Her newest role takes her into panic territory and beyond. The white-knuckle crime thriller “Sicario” puts her in the midst of a brutal turf war in the no man’s land around the U.S.-Mexico border. It is, she says, the most socially important film she has made.
“That’s what I want,” Blunt said in a recent phone conversation, “and I think it’s a film that will cause great discussion.”
“Sicario” (Spanish for hit man) is connected to pain in each scene, sometimes bloody, sometimes heartbreaking. Blunt plays an idealistic Arizona-based FBI agent who leads a kidnap response team. Drafted into a classified federal operation against vicious Mexican drug cartels, she enters a world that is incoherent to her. Co-stars Benicio Del Toro and Josh Brolin play her ruthless supervisors, breaching the border with secret raids to exterminate the enemy. Blunt’s character constantly struggles to do the right thing in a war where moral certainty doesn’t seem to exist.
It is a barren view of ongoing havoc. Blunt said she hopes it will cause audiences to carry away an attitude of “questioning their own moral compass. And what they think is the best way to deal with such an impossible issue” as how wars on terror inflame terrors of their own.
“One of the strongest themes in this film is these cycles of violence,” she said. “And is that necessarily the solution — to meet violence with further violence? I think that is the question that this film poses to the audience. It doesn’t give an answer.

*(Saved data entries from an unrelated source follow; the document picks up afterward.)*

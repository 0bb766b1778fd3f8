//! In which session two hosts stand, and to which one each call leads: what a caller composes the other laws with.

ghost use Rattle.sctp_delivery.specs.Stand.{EachAckedStepsSo, EachKeepsNothing, EachReceiverCallSteps, EachReceiverCallStepsSo, EachSenderCallSteps, EachSenderCallStepsSo, EachTwoBegin, EachTwoBeginSo};
ghost use Rattle.sctp_delivery.specs.StandAny.{EachAckedStepsAny, EachReceiverCallStepsAny, EachReceiverOtherStepsAny, EachSenderCallStepsAny, EachSenderOtherStepsAny, EachTwoBeginAny};

/// A new sender and a new receiver that begin with the same TSN stand in a session.
pub fn two_hosts_begin_a_session()
    ensures { EachTwoBegin }
{}

/// From a session in which two hosts stand, what a call of `sender_steps` or `receiver_steps` makes leads to one in which they stand then.
/// A call of the sender gives out one TSN at most. A SACK or a chunk is one that the other host made; what was made can be handed over
/// ever after. A call that is refused changes nothing, so the hosts stand where they stood.
pub fn each_call_leads_to_a_session()
    ensures sender { EachSenderCallSteps }
    ensures receiver { EachReceiverCallSteps }
{}

/// The sender of a session keeps nothing of what is reported: so each SACK that it takes is a step.
pub fn a_sender_keeps_nothing()
    ensures { EachKeepsNothing }
{}

/// A new sender that keeps what gap ack blocks report and a new receiver that begin with the same TSN stand in a session of such a sender.
pub fn two_hosts_begin_a_session_whatever_comes_back()
    ensures { EachTwoBeginSo }
{}

/// From a session of a sender that keeps what gap ack blocks report, what each call makes leads to one in which the hosts stand then, as
/// `each_call_leads_to_a_session` says; and what `acked` makes is two steps. There fewer than 2^64 bytes are written.
pub fn each_call_leads_to_a_session_whatever_comes_back()
    ensures sender { EachSenderCallStepsSo }
    ensures receiver { EachReceiverCallStepsSo }
    ensures acked { EachAckedStepsSo }
{}

/// A new sender, which keeps what gap ack blocks report or not, and a new receiver that begin with the same TSN stand in a session of every
/// call.
pub fn two_hosts_begin_a_session_of_every_call()
    ensures { EachTwoBeginAny }
{}

/// From a session of every call, what each call makes leads to one in which the hosts stand then: the calls of other sessions, those by which
/// streams are closed or reset, chunks dropped, and names passed over; and what `acked` makes is two steps.
pub fn each_call_leads_to_a_session_of_every_call()
    ensures sender { EachSenderCallStepsAny }
    ensures receiver { EachReceiverCallStepsAny }
    ensures sender_other { EachSenderOtherStepsAny }
    ensures receiver_other { EachReceiverOtherStepsAny }
    ensures acked { EachAckedStepsAny }
{}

“It asks you to ask that of yourself. It’s quite confronting in that way.”
“Sicario” is not for a moment a civics lecture, said Blunt, a clever, lively conversationalist who is far from stuffy or staid even on serious subjects.
“It was a quite spare, minimalistic, claustrophobic film,” she said. “And we actually cut a lot more of the dialogue that was in the already spare script” by actor and screenwriter Taylor Sheridan. Director Denis Villeneuve “is all about the power of suggestion,” and cinematographer Roger Deakins’ widescreen lensing “shoots things in the most emotional, mood-infused way,” allowing the cast to be more quietly internal than conversational.

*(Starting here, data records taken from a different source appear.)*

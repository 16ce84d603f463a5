// A row of step records that the caller lends, and the table of 64 by value: the one read from the other, and the one
// written from the other. What the two functions over the row call goes by value.
#![tactic(auto)]

ghost use Rattle.std.specs.Prelude.{◌≡◌};
ghost use Rattle.rows.specs.Row.{blanks, tabled, emptied, laid, loaded, Fits};

use record::step_of;
use rules::{PUSH, Step, Table};

// 64 records that are never read. They are not all zeros, and the zeros are written out: then the compiler fills the row in a
// short loop, and `load` is small enough to stand in its callers, where the table is made in one place and not copied.
pub fn blank_row() -> [Step; 64]
    ensures { result ≡ blanks }
{
    let s = step_of(PUSH, [0, 0, 0, 0, 0, 0, 0, 0], 0, false, false, true);
    [s; 64]
}

// A table of them, for a row of n records.
pub fn empty(n: usize) -> Table
    ensures { result ≡ emptied n }
{
    let steps = blank_row();
    table_of(steps, n)
}

// The table that has these records, for a row of n.
fn table_of(steps: [Step; 64], n: usize) -> Table
    ensures { result ≡ tabled steps n }
{
    Table { steps, n }
}

// The table that stands for a lent row: as many of its records as have room, and its true length. The blank row has a name, and
// the end of the lent row a return of its own: so the 64 records are made once, where the caller has them, and not copied.
pub fn load(table: &[Step]) -> Table
    ensures { result ≡ loaded table.now }
{
    let n = table.len();
    let blank = blank_row();
    let mut steps = blank;
    let held = n.min(64);
    steps[..held].copy_from_slice(&table[..held]);
    table_of(steps, n)
}

// Writes the first n of 64 records over the first of the lent row; those behind them stay.
pub fn store(table: &mut [Step], steps: [Step; 64], n: usize)
    requires { Fits n table.old }
    ensures { table.new ≡ laid steps n table.old }
{
    table[..n].copy_from_slice(&steps[..n]);
}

The mysterious aims of the controlling characters keep viewers anxiously looking for clues, adding a rich element of suspense. “The audience is not patronized with this film,” she said. “I think they are as in the dark as your lead character, and I think that’s really refreshing. You have to do your best to keep up with the film.”
Blunt considers most scripts “so overwritten with so much excess baggage that the actors have to just make it work most of the time. There are scenes that are very hard to do when you feel it’s strictly expository. You feel so grateful not to have to explain everything.”

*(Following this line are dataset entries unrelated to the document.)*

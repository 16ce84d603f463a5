// Its text: the name, the action and the arguments.
ghost use Rattle.std.specs.Prelude.{◌≡◌, true, ◌≤◌};
ghost use Rattle.rules.specs.Text.Bytes.{joined};
ghost use Rattle.rules.specs.Operators.Table.{operator_of, is_args};
ghost use Rattle.rules.specs.Pipeline.Write.{operator_words};
ghost use Rattle.text.specs.Wrote.{WroteAt};
ghost use Rattle.numbers.specs.Parts.{Room};
ghost use Rattle.stack.specs.Text.{action_text};

use numbers::put_list;
use rules::{STACK_FLIP, STACK_POP, STACK_PUSH, STACK_ROLL, STACK_SWAP, STACK_UNROLL};
use text::put;

// The name and the action, up to its arguments.
// Stays: the number of the operator stands in a record, which C fills.
fn action(operator: u8, out: &mut [u8], o: usize) -> usize
    requires le_operator { (2 ≤ operator) × (operator ≤ 8) }
    requires room { Room (action_text (operator_of operator)) o out.old }
    ensures { WroteAt (action_text (operator_of operator)) out.old o result out.new }
{
    match operator {
        STACK_PUSH => put(b"stack push=", out, o),
        STACK_POP => put(b"stack pop=", out, o),
        STACK_FLIP => put(b"stack flip=", out, o),
        STACK_ROLL => put(b"stack roll=", out, o),
        STACK_UNROLL => put(b"stack unroll=", out, o),
        STACK_SWAP => put(b"stack swap", out, o),
        _ => put(b"stack drop", out, o),
    }
}

// The whole: `swap` and `drop` have no arguments.
pub fn write_words(operator: u8, l: &[i32], out: &mut [u8], o: usize) -> usize
    requires le_operator { (2 ≤ operator) × (operator ≤ 8) }
    requires l_value { is_args (operator_of operator) l.now ≡ true }
    requires room { Room (joined (operator_words (operator_of operator) l.now)) o out.old }
    ensures { WroteAt (joined (operator_words (operator_of operator) l.now)) out.old o result out.new }
{
    let e = action(operator, out, o);
    put_list(l, out, e)
}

Blunt was delighted to work with Deakins, one of the industry’s most admired cameramen, whose work includes “The Shawshank Redemption,” “Skyfall” and “No Country for Old Men.”
“Anytime you see his film, you know it,” she said. “It’s just quite singular. They just glow and transport you in a really sort of tense and confronting way. His shots are beautiful but always quite arresting. It’s certainly not paint by numbers.”
Villeneuve works with his individualist signature as well, Blunt said, helping her create a character who finds the line between right and wrong growing blurry. Her dimming view of morality is echoed in a nightmarish chase where she wears night vision goggles while racing through unlit subterranean tunnels leading to a drug gang’s Mexican nerve center.
“We actually did shoot in pitch black,” she said with a laugh. “And I thought, ‘Oh, great, we’re going to be given night vision goggles. This is so awesome.’ And then we were handed our fake eye vision goggles. We were effectively just wearing an eye patch. So you were even more unstable on your feet. That maze of tunnels they built was quite challenging as well. Everyone was just bent over the whole time for a week.
“I fell outside and landed on sand, so that was OK. People banged their heads a few times, so there were bleeding heads. Specifically, for somebody as tall as Benicio, the tunnels were a nightmare. I think he had to go see a chiropractor after that scene!”